Feedback between population and evolutionary dynamics determines the ecological fate of social microbial populations

Background/Question/Methods

Social species that rely on the cooperative production of public goods may be challenged by the evolutionary emergence of “free-rider” individuals, which take advantage of the public goods but do not contribute to their production. We sought to investigate the ecological consequences of the evolutionary competition between cooperators and free-rider individuals in experimental laboratory populations of budding yeast (S. cerevisiae). These populations grow in the sugar sucrose by collectively degrading it into glucose and fructose, which are then shared by all cells in the population. By using high throughput culturing and analysis methods, we have simultaneously tracked the evolutionary dynamics of the social gene responsible for public goods production, as well as the total population size for hundreds of independent populations. We mapped the joint eco-evolutionary dynamics on the eco-evolutionary phase space formed by the frequency of the cooperative gene and the total population size. These phase diagrams were obtained at different environmental qualities characterized by a higher or lower death rate. This allowed us to inquire about bifurcations in our system, and how the eco-evolutionary dynamics behave near critical points.

Results/Conclusions

Visual inspection of the trajectories on the phase diagrams reveals a striking behavior:  trajectories either spiral towards an eco-evolutionary equilibrium vortex, or go to extinction depending on their starting point in the phase diagram. We determined all of the eco-evolutionary fixed points, as well as their stability. By analyzing our phase diagrams, we found that invasion of a pure cooperator population by free-riders does not lead to population collapse, but it significantly reduces the resilience of the population to perturbations.

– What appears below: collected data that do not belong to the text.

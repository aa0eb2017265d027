// How far searches along a line came.

/// How far one came, from the front on.
#[derive(Clone, Copy, Debug)]
pub struct Search {
    /// The slot of the next one to be looked at.
    pub at: u32,
    /// How many stand before it.
    pub gone: u32,
}

/// How far those in line were looked through: for who is late, and for who is notified instead.
#[derive(Clone, Copy, Debug)]
pub struct LateSearch {
    pub late: Search,
    pub quiet: Search,
}
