// So many slots, at which nobody stands.
fn nobody(alloc: Global, room: u32) -> Result<Vec<Option<Standing>>, AllocError>
    ensures len { IfOk result (λ standings. length standings.items ≡ room) }
    ensures nobody { IfOk result
        (λ standings. (s : ℕ) → one_if (standing_of standings.items s) ≡ 0) }
{
    let mut standings = Vec::with_capacity(alloc, room as usize)?;
    for _ in 0..room {
        standings.push_reserved(None);
    }
    Ok(standings)
}

// So many slots.
fn slots(alloc: Global, room: u32) -> Result<Vec<u32>, AllocError>
    ensures len { IfOk result (λ free. length free.items ≡ room) }
    ensures apart { IfOk result (λ free. (s : ℕ) → copies_of s free.items ≤ 1) }
    ensures low { IfOk result (λ free. (s : ℕ) → room ≤ s → copies_of s free.items ≡ 0) }
    ensures capacity { IfOk result (λ free. room ≤ vec_capacity free) }
{
    let mut free = Vec::with_capacity(alloc, room as usize)?;
    for slot in 0..room {
        free.push_reserved(slot);
    }
    Ok(free)
}

// 1 for one who waits.
fn weight(standing: Standing) -> usize
    ensures { result ≡ weight_of standing }
{
    match standing {
        Standing::Quiet | Standing::Told => 1,
        Standing::Aside => 0,
    }
}

// Whether it waits and was not notified.
fn is_quiet(standing: Standing) -> bool
    ensures { result ≡ is_quiet_of standing }
{
    match standing {
        Standing::Quiet => true,
        Standing::Told | Standing::Aside => false,
    }
}

// Whether it waits and was notified.
fn was_told(standing: Standing) -> bool
    ensures { result ≡ is_told standing }
{
    match standing {
        Standing::Told => true,
        Standing::Quiet | Standing::Aside => false,
    }
}

// Whether one was notified, and its time is over.
fn is_late(place: Place, now: Duration, ends: &[Duration]) -> bool
    ensures { result ≡ is_late (as_nanos now) ends.now place }
{
    was_told(place.standing) && is_over(now, ends.get(place.slot as usize).copied())
}

// Whether the time of a call is over, of which this is the end, if any is known.
fn is_over(now: Duration, end: Option<Duration>) -> bool
    ensures { result ≡ is_over (as_nanos now) end }
{
    match end {
        Some(end) => now.checked_sub(end).is_some(),
        None => false,
    }
}
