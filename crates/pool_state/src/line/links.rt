// Nodes in rings, by index. A node outside every ring is a ring of its own.
ghost use Rattle.std.specs.Prelude.{◌≡◌, ◌≢◌, ℕ, ◌<◌, length};
ghost use Rattle.pool_state.specs.Ring.{next_of, prev_of, set_at, skipped, after, before};
ghost use Rattle.pool_state.specs.Ring.{AreInverse};

/// The neighbours of one node.
#[derive(Clone, Copy, Debug)]
pub struct Link {
    pub prev: u32,
    pub next: u32,
}

// What follows the node at this index.
fn set_next(links: &mut Vec<Link>, at: u32, next: u32)
    requires { at < length links.old.items }
    ensures nexts { (x : ℕ) → next_of links.new.items x
        ≡ set_at at next (next_of links.old.items) x }
    ensures prevs { (x : ℕ) → prev_of links.new.items x ≡ prev_of links.old.items x }
    ensures len { length links.new.items ≡ length links.old.items }
{
    let prev = links[at as usize].prev;
    links[at as usize] = Link { prev, next };
}

// What is before it.
fn set_prev(links: &mut Vec<Link>, at: u32, prev: u32)
    requires { at < length links.old.items }
    ensures prevs { (x : ℕ) → prev_of links.new.items x
        ≡ set_at at prev (prev_of links.old.items) x }
    ensures nexts { (x : ℕ) → next_of links.new.items x ≡ next_of links.old.items x }
    ensures len { length links.new.items ≡ length links.old.items }
{
    let next = links[at as usize].next;
    links[at as usize] = Link { prev, next };
}

/// Takes a node out of its ring.
pub fn skip(links: &mut Vec<Link>, at: u32)
    requires at { at < length links.old.items }
    requires inverse { AreInverse (next_of links.old.items) (prev_of links.old.items) }
    ensures nexts { (x : ℕ) → next_of links.new.items x
        ≡ skipped at (next_of links.old.items) x }
    ensures prevs { (x : ℕ) → prev_of links.new.items x
        ≡ skipped at (prev_of links.old.items) x }
    ensures inverse { AreInverse (next_of links.new.items) (prev_of links.new.items) }
    ensures len { length links.new.items ≡ length links.old.items }
{
    let Link { prev, next } = links[at as usize];
    set_next(links, prev, next);
    set_prev(links, next, prev);
    set_next(links, at, at);
    set_prev(links, at, at);
}

/// Puts a node that is a ring of its own just before this one.
pub fn splice(links: &mut Vec<Link>, at: u32, end: u32)
    requires at { at < length links.old.items }
    requires end { end < length links.old.items }
    requires apart { at ≢ end }
    requires single { next_of links.old.items at ≡ at }
    requires inverse { AreInverse (next_of links.old.items) (prev_of links.old.items) }
    ensures nexts { (x : ℕ) → next_of links.new.items x
        ≡ before at end (next_of links.old.items) x }
    ensures prevs { (x : ℕ) → prev_of links.new.items x
        ≡ after at end (prev_of links.old.items) x }
    ensures inverse { AreInverse (next_of links.new.items) (prev_of links.new.items) }
    ensures len { length links.new.items ≡ length links.old.items }
{
    let prev = links[end as usize].prev;
    set_next(links, prev, at);
    set_prev(links, end, at);
    set_next(links, at, end);
    set_prev(links, at, prev);
}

We determined the phase diagram for different environmental qualities (death-rates) and found that, surprisingly, the size of the sub-population of cooperative individuals in equilibrium increases with the death rate, up until a critical point where the death-rate becomes too large and the whole population collapses. By linearizing the trajectories on the phase diagram, we determined the characteristic eigenvalues of the eco-evolutionary dynamics around equilibrium. We found that as the death-rate approaches its critical value, the collective ecosystem dynamics –as characterized by the absolute magnitude of the eigenvalue, slows down. In addition, demographic noise increases dramatically as the death rate approaches its critical value, providing an early warning indicator of ecosystem collapse.